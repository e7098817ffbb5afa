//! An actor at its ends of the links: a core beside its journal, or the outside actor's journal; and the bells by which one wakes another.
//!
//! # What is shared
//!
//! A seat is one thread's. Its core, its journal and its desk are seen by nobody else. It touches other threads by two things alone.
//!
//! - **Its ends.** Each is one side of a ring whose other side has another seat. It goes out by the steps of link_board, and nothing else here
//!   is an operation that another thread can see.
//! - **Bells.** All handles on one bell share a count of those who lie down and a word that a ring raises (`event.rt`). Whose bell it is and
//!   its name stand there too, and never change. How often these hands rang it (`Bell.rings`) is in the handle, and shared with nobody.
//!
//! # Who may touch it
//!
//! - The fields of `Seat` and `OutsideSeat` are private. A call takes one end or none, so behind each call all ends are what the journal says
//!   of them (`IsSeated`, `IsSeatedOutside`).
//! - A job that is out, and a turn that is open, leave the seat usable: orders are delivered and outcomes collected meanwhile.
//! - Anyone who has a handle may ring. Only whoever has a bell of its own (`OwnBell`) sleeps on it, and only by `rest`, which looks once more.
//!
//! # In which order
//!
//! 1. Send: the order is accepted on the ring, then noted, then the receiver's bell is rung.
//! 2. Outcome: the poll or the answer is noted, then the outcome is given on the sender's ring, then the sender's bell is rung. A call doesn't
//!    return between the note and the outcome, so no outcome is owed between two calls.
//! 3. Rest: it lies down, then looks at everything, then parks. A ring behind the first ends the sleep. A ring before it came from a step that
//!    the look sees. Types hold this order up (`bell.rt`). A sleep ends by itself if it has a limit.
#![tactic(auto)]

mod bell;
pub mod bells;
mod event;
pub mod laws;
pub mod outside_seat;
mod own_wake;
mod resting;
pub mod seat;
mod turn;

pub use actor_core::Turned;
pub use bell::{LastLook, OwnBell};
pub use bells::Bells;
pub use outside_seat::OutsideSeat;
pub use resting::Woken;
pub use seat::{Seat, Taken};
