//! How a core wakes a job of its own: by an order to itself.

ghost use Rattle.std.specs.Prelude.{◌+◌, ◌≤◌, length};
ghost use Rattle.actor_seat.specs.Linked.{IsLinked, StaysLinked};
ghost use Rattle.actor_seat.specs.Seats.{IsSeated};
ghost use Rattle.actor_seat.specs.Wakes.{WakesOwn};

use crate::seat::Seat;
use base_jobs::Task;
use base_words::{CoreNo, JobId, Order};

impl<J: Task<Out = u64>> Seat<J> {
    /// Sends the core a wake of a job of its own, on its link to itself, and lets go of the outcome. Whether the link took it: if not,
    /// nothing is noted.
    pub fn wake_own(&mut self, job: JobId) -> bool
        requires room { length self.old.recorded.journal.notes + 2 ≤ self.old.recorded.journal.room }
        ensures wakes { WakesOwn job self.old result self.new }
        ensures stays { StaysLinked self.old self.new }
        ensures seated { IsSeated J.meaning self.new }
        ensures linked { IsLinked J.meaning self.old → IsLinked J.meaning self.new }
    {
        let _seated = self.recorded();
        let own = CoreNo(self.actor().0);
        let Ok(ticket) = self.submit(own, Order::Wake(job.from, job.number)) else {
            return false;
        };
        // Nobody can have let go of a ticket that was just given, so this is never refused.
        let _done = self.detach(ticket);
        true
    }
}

______________________________

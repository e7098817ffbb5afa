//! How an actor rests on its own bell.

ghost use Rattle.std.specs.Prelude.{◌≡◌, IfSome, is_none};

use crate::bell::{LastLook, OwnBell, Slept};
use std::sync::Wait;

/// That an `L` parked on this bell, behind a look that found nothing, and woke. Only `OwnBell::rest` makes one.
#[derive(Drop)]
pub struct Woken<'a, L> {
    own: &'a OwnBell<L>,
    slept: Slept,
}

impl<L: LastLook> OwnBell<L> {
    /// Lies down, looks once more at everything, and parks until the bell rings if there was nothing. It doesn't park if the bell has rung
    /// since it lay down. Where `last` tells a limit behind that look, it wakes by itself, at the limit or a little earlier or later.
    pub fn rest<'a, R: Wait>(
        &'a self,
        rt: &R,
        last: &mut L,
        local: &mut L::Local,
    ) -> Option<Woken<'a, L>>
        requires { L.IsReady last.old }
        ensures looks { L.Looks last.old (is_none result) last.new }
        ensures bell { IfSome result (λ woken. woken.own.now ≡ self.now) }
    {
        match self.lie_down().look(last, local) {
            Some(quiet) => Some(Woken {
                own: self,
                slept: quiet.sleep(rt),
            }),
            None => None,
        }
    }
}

______________________________

Work to complete: Where in the entries above does the word "length" appear? Copy each line that has it.

Result below:
ghost use Rattle.std.specs.Prelude.{◌+◌, ◌≤◌, length};
        requires room { length self.old.recorded.journal.notes + 2 ≤ self.old.recorded.journal.room }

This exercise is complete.